→ Instructions for the task: Exactly as they appear below, repeat the lines from the one with "mod ordered;" through the one with "pub use slots::Slots;", and no others.

(Material for the task begins)

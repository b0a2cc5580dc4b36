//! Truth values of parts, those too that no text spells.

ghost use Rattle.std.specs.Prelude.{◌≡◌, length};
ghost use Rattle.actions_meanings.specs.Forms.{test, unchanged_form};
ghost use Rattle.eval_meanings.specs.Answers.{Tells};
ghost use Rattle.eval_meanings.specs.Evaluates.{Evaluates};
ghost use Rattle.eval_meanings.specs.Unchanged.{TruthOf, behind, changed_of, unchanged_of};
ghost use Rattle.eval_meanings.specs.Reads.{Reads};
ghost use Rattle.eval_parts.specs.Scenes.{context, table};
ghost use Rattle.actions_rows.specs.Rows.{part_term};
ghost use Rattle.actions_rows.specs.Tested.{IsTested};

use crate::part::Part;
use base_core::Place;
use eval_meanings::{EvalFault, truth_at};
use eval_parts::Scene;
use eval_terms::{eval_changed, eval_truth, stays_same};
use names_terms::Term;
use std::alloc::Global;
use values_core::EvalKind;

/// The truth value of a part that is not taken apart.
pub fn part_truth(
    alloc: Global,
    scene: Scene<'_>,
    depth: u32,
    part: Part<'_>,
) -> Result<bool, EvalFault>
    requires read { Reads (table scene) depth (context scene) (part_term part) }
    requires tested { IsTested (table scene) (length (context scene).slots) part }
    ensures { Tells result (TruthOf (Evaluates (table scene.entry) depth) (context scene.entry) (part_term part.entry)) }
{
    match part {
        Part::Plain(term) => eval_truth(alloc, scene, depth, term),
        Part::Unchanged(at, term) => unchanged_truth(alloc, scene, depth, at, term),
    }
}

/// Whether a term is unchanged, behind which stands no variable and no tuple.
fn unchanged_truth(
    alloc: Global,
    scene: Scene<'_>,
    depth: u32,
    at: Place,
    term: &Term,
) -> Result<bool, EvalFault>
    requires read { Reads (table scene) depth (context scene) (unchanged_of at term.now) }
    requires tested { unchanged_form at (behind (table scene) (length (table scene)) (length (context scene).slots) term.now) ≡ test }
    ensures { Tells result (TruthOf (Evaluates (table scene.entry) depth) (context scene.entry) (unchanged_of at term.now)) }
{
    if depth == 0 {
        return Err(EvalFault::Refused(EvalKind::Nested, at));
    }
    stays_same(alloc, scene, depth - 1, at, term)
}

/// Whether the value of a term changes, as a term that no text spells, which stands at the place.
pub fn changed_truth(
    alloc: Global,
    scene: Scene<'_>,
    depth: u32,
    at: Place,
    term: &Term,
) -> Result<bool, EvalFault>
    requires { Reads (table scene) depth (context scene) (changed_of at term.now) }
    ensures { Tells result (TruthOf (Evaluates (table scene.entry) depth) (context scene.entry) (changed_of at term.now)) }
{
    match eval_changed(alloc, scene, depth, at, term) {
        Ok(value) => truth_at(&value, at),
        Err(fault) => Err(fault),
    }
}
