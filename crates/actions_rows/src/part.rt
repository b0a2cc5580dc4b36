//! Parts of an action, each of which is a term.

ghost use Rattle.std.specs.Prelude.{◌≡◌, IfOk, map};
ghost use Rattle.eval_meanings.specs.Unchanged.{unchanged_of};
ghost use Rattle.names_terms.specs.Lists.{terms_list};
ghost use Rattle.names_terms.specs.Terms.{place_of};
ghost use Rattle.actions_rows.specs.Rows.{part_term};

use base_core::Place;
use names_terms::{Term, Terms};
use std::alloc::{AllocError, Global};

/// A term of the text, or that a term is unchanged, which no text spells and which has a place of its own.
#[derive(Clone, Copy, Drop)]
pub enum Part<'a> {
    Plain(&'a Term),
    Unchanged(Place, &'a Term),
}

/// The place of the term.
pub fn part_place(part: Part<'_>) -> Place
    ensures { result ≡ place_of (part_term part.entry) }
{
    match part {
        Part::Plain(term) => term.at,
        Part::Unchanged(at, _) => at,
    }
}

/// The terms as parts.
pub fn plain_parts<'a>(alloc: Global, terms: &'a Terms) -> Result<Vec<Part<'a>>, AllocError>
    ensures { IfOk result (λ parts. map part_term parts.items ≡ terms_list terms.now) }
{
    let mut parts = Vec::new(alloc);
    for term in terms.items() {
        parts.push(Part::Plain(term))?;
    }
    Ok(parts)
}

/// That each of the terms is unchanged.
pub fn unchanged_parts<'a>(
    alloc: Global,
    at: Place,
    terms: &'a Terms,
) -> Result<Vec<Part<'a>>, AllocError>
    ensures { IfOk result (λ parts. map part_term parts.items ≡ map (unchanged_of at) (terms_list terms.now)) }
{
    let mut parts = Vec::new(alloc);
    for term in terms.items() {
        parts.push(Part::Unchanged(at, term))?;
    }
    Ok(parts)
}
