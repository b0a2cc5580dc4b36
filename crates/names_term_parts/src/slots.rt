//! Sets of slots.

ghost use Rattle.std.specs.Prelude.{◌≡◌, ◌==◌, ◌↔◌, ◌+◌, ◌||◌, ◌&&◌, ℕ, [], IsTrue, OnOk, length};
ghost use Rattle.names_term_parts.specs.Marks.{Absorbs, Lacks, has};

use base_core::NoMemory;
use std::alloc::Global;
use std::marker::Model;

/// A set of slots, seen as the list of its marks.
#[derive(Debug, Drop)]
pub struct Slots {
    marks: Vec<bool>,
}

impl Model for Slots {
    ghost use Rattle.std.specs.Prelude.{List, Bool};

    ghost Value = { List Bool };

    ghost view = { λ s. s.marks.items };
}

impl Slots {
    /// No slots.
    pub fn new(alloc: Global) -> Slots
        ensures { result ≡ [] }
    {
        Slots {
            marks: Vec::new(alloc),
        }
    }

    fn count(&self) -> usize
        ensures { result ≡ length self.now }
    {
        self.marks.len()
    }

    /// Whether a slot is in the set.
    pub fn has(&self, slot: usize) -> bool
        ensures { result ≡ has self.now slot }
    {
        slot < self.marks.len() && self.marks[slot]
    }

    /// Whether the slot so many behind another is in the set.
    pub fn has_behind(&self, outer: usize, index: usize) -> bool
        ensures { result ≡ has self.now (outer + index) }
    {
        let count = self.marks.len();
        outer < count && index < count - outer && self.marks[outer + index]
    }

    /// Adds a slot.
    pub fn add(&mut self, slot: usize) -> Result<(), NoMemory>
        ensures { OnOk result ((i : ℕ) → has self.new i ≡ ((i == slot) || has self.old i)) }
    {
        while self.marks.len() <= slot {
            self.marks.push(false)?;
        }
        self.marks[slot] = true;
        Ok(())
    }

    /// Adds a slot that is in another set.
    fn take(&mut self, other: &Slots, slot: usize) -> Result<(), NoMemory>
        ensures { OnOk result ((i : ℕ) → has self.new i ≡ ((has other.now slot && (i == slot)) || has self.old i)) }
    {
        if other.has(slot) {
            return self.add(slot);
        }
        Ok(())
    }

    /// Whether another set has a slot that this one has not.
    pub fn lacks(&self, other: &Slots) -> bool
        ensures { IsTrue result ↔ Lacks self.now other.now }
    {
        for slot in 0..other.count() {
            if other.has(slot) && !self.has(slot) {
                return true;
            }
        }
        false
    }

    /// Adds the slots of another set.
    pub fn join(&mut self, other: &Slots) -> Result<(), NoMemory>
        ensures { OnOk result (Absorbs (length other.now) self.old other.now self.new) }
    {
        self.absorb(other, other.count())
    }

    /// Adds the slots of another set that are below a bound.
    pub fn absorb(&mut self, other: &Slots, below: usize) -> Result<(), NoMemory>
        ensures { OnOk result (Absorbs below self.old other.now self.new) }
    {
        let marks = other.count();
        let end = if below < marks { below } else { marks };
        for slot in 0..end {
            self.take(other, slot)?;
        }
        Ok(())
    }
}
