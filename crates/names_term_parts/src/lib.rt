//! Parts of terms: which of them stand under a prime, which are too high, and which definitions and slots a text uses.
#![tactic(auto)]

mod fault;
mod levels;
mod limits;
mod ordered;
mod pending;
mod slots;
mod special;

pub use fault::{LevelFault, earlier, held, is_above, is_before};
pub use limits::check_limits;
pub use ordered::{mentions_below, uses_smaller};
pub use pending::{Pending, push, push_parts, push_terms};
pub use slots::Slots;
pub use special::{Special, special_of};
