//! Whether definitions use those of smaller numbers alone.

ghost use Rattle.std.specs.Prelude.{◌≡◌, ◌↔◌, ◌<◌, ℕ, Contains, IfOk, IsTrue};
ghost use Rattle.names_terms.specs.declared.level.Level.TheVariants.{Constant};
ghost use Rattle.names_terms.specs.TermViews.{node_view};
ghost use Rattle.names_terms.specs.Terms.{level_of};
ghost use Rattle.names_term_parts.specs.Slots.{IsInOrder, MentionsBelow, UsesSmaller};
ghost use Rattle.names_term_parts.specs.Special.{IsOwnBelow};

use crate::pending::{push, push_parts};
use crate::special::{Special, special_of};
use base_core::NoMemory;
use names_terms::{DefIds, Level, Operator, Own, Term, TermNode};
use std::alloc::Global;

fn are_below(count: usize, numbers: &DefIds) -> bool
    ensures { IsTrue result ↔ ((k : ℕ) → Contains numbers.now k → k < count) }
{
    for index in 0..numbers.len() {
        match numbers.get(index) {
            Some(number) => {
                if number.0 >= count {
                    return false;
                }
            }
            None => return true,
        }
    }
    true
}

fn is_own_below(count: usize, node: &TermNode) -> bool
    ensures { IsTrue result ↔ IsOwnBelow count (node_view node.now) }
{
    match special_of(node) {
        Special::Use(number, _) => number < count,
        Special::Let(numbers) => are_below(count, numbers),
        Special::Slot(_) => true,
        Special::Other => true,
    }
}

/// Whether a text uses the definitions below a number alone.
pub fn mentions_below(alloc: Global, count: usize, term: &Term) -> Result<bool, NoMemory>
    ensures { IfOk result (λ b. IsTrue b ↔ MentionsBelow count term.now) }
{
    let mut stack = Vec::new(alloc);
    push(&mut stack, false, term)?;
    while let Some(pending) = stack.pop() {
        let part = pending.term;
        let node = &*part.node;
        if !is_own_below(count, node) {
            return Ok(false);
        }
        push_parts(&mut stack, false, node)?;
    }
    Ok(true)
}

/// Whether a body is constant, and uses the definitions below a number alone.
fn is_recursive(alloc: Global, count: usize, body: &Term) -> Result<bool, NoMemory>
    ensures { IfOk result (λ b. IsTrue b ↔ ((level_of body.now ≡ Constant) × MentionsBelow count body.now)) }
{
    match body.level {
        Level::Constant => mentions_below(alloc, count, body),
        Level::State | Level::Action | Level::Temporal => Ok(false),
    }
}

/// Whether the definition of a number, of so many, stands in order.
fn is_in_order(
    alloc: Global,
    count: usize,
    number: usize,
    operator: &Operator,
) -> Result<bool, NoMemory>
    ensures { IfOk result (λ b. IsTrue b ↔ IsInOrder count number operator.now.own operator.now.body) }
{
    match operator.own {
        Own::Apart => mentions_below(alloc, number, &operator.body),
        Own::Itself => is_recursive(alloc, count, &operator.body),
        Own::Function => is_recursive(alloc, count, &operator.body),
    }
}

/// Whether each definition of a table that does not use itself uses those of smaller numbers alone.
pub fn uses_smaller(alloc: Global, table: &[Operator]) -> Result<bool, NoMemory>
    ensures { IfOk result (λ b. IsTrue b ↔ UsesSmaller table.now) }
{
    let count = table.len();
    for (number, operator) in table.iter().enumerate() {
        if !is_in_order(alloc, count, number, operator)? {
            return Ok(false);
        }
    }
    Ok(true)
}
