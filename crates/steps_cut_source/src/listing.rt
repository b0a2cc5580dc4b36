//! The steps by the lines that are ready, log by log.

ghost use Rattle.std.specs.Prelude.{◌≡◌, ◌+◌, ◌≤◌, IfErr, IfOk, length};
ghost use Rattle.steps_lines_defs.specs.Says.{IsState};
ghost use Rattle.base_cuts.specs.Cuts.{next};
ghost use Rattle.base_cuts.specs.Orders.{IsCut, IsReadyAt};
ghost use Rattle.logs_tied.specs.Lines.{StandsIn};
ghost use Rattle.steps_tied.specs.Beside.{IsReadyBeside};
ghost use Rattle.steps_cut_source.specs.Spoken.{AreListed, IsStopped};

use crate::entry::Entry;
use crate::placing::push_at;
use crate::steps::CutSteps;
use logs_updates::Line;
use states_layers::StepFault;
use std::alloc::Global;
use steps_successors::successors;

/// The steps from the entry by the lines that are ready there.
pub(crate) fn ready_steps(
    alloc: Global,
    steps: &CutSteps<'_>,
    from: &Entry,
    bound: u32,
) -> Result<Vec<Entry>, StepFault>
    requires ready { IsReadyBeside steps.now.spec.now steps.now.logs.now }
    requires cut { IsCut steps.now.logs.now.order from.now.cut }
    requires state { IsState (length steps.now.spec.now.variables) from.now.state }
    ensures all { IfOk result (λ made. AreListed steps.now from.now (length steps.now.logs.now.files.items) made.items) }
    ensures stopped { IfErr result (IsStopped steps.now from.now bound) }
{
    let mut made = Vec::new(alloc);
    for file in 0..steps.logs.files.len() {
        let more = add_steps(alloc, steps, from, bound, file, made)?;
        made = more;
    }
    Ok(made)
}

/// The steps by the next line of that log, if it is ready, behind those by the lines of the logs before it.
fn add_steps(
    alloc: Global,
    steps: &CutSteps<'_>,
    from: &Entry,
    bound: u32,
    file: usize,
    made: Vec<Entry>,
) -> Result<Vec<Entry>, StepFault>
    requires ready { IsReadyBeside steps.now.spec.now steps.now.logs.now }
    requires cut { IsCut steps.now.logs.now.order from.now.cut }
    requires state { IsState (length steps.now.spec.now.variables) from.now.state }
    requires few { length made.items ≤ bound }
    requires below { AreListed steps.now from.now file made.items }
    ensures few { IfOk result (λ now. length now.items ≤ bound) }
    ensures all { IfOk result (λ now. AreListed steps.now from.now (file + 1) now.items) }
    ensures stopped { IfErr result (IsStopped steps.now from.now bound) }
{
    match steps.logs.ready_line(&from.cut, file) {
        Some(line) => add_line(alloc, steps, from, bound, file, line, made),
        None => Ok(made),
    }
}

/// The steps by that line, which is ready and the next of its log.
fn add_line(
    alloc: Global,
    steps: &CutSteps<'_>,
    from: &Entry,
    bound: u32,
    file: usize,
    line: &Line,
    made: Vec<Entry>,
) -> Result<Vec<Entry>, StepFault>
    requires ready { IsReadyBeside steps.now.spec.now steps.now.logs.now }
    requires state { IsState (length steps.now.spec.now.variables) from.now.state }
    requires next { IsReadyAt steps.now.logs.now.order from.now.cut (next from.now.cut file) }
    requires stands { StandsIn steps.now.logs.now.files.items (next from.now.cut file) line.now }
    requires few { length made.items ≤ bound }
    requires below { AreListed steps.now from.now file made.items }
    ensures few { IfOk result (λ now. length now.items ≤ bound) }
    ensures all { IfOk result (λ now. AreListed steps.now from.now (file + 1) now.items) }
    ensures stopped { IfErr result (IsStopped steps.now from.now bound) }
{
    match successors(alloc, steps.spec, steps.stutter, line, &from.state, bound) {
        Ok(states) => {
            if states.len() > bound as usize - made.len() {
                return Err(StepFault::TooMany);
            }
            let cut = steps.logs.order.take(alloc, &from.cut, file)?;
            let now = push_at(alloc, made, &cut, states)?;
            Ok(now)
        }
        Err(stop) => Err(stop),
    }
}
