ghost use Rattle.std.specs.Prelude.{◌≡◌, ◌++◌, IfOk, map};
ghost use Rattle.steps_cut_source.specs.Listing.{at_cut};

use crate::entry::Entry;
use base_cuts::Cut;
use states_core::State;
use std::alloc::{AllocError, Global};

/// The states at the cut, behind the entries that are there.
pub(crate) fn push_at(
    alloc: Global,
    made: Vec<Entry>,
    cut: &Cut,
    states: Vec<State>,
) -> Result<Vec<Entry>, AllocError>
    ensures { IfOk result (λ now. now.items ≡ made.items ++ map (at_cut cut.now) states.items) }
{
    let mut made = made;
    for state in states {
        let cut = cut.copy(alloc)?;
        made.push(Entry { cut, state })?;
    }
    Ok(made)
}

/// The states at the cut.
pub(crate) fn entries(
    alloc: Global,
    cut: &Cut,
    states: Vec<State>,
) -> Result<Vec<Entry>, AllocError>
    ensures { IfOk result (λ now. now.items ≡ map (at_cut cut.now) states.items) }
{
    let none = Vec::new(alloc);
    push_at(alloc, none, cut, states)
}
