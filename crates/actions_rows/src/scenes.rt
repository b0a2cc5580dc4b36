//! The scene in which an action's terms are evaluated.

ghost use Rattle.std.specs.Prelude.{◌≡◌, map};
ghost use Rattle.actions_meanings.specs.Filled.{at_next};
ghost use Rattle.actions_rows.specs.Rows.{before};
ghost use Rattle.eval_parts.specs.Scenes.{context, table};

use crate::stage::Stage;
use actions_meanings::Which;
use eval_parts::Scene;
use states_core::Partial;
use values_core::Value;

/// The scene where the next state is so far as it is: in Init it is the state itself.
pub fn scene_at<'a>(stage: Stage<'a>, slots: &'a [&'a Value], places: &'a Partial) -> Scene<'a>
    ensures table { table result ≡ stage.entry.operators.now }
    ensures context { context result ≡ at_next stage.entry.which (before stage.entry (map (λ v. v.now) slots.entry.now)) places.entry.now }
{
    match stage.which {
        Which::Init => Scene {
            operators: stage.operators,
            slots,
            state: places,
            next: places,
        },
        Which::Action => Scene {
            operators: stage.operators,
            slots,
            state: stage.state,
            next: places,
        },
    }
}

(Material for the task ends)

→ Task solution:
mod ordered;
mod pending;
mod slots;
mod special;

pub use fault::{LevelFault, earlier, held, is_above, is_before};
pub use limits::check_limits;
pub use ordered::{mentions_below, uses_smaller};
pub use pending::{Pending, push, push_parts, push_terms};
pub use slots::Slots;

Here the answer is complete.